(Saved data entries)
##############################
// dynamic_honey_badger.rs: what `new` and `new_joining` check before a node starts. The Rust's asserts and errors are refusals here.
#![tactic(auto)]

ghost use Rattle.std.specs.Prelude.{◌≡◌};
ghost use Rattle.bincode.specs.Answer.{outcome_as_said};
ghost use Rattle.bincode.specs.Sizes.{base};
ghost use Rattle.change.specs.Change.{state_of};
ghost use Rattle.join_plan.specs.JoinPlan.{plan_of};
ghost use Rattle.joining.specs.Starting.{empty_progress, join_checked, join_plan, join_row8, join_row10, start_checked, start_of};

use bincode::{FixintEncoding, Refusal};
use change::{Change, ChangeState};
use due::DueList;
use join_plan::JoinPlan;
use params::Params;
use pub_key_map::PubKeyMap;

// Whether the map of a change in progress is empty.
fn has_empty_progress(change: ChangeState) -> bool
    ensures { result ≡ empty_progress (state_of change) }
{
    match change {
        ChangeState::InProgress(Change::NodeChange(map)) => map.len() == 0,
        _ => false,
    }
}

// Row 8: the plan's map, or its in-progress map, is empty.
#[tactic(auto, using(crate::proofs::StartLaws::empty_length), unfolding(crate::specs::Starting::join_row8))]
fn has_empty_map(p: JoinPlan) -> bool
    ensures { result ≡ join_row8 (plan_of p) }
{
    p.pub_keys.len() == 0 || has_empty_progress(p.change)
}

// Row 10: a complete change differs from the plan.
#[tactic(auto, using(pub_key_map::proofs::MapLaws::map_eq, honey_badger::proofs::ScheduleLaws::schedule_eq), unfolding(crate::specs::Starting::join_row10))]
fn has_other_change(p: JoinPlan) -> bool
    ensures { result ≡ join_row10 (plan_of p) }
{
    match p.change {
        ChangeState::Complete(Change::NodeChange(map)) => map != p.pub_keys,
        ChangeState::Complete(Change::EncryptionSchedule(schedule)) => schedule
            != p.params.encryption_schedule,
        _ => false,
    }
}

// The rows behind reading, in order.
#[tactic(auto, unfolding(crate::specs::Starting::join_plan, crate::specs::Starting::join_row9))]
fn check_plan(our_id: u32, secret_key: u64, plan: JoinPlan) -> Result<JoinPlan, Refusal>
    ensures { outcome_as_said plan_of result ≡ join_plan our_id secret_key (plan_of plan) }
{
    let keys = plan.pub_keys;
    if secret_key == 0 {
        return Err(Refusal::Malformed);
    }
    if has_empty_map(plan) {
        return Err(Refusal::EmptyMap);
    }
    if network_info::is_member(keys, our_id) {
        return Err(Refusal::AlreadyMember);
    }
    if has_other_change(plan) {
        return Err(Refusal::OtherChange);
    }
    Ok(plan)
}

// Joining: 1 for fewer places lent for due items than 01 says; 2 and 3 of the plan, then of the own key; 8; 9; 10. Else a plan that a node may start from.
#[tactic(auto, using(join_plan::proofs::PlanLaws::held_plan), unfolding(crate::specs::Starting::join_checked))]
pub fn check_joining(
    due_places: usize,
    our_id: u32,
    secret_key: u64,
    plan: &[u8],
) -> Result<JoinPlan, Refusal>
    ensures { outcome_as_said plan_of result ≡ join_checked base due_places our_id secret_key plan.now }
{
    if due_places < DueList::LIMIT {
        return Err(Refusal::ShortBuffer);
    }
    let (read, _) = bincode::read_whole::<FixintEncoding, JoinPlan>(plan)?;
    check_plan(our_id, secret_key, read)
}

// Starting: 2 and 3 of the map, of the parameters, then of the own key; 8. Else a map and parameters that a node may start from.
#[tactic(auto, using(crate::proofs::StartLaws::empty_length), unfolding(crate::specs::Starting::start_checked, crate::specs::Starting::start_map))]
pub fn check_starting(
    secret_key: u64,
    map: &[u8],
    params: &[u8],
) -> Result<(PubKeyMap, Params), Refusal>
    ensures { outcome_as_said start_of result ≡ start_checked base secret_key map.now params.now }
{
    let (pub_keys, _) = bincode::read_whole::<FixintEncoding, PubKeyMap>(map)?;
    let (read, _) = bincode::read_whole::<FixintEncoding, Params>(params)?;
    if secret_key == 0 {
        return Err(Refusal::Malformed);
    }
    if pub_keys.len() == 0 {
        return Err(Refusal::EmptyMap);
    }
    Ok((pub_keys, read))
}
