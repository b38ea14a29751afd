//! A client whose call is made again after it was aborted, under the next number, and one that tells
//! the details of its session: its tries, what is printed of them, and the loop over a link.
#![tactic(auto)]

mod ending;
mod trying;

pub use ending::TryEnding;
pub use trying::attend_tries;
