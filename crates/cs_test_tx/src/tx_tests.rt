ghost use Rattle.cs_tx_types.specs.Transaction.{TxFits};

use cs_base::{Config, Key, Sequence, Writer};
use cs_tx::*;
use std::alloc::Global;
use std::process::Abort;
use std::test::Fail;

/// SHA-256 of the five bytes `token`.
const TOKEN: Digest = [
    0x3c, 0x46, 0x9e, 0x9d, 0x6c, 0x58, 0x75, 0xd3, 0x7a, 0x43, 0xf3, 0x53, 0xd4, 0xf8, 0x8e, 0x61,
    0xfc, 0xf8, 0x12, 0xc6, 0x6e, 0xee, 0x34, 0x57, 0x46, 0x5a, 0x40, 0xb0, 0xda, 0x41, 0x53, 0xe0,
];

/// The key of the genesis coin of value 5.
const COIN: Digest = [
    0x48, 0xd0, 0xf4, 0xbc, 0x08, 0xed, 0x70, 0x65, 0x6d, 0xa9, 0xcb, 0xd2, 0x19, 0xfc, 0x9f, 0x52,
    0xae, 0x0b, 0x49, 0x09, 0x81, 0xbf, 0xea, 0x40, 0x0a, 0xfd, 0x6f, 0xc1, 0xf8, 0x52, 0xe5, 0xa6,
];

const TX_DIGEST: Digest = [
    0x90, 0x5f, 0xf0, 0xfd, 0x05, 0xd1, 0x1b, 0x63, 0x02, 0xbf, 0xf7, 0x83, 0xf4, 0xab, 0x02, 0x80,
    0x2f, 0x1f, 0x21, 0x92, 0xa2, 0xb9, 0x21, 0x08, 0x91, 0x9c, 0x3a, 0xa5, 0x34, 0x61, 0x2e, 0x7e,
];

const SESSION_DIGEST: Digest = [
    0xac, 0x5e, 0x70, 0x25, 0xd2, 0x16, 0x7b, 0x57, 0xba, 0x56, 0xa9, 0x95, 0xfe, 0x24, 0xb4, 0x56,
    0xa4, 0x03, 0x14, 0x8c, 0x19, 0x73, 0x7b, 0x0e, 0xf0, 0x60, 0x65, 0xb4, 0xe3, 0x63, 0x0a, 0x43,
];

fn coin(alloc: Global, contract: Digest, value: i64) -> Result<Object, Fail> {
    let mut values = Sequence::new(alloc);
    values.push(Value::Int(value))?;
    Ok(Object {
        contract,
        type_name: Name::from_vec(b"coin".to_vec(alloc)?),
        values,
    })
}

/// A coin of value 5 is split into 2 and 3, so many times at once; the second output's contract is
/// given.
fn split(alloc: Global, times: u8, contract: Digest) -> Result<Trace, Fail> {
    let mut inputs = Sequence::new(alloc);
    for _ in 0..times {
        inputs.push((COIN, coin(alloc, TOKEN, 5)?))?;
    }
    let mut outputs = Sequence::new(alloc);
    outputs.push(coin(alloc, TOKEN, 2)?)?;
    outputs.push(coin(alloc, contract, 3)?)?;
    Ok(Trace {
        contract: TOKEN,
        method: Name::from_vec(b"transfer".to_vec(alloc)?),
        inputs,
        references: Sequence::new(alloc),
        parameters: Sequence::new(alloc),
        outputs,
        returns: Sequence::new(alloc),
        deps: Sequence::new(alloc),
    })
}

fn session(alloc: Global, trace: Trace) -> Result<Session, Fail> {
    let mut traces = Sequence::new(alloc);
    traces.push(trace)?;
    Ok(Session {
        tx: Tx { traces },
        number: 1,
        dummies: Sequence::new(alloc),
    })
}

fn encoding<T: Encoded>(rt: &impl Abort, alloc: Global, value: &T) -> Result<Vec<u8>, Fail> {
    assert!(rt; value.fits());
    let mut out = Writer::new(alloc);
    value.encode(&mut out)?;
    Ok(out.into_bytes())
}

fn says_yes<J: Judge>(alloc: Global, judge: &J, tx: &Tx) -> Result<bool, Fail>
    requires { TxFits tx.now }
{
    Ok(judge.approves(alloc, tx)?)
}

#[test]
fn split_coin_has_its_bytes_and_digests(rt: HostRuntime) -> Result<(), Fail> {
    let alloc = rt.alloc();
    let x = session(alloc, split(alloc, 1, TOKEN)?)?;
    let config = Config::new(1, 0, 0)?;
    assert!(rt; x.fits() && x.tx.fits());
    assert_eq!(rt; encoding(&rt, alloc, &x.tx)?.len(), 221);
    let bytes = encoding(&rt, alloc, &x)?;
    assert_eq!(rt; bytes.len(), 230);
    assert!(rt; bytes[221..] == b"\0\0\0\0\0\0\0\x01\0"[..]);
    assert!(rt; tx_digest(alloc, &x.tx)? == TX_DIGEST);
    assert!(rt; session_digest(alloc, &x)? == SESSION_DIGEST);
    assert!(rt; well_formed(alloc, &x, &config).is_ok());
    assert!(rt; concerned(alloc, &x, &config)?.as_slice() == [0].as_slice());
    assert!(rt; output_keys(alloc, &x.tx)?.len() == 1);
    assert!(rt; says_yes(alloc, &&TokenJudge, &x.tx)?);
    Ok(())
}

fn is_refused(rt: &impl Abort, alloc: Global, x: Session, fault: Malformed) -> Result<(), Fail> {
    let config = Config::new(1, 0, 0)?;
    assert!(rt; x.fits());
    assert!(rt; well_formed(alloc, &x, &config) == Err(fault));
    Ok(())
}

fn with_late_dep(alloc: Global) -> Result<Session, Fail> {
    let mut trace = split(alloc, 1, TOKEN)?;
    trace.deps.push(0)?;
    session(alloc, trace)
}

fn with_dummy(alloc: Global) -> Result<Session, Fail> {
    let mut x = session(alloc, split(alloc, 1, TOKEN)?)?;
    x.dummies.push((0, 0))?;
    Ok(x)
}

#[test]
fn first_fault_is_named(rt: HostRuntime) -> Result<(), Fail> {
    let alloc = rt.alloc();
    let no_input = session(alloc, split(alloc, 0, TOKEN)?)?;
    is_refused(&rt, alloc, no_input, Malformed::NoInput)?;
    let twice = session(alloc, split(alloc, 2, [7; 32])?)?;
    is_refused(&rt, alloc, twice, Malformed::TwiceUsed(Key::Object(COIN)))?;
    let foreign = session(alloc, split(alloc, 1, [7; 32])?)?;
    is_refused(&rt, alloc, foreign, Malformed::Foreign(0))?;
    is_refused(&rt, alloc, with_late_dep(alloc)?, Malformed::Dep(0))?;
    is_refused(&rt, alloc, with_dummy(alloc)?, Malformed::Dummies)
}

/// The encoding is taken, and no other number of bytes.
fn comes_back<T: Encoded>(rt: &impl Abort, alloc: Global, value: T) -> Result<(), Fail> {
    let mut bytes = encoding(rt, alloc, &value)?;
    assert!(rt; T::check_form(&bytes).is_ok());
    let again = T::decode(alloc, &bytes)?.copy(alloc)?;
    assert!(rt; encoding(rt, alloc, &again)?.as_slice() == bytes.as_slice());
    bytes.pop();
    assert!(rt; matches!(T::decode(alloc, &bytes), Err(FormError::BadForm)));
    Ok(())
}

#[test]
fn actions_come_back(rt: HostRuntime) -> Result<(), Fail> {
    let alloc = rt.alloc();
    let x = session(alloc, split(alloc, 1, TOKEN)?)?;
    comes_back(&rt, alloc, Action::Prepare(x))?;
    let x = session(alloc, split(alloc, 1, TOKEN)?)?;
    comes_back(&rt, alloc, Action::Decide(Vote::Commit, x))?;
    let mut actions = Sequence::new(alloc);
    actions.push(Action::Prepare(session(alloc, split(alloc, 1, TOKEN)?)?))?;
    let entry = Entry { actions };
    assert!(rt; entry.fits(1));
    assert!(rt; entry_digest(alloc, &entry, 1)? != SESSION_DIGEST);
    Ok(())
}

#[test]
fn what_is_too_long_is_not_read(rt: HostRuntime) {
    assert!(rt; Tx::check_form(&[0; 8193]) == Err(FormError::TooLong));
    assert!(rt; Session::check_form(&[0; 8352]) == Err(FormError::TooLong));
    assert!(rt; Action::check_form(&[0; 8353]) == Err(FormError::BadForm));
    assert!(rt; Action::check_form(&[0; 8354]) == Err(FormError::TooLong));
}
##############################
The number of lines in the data that hold "StartLaws" is all that should be given.

2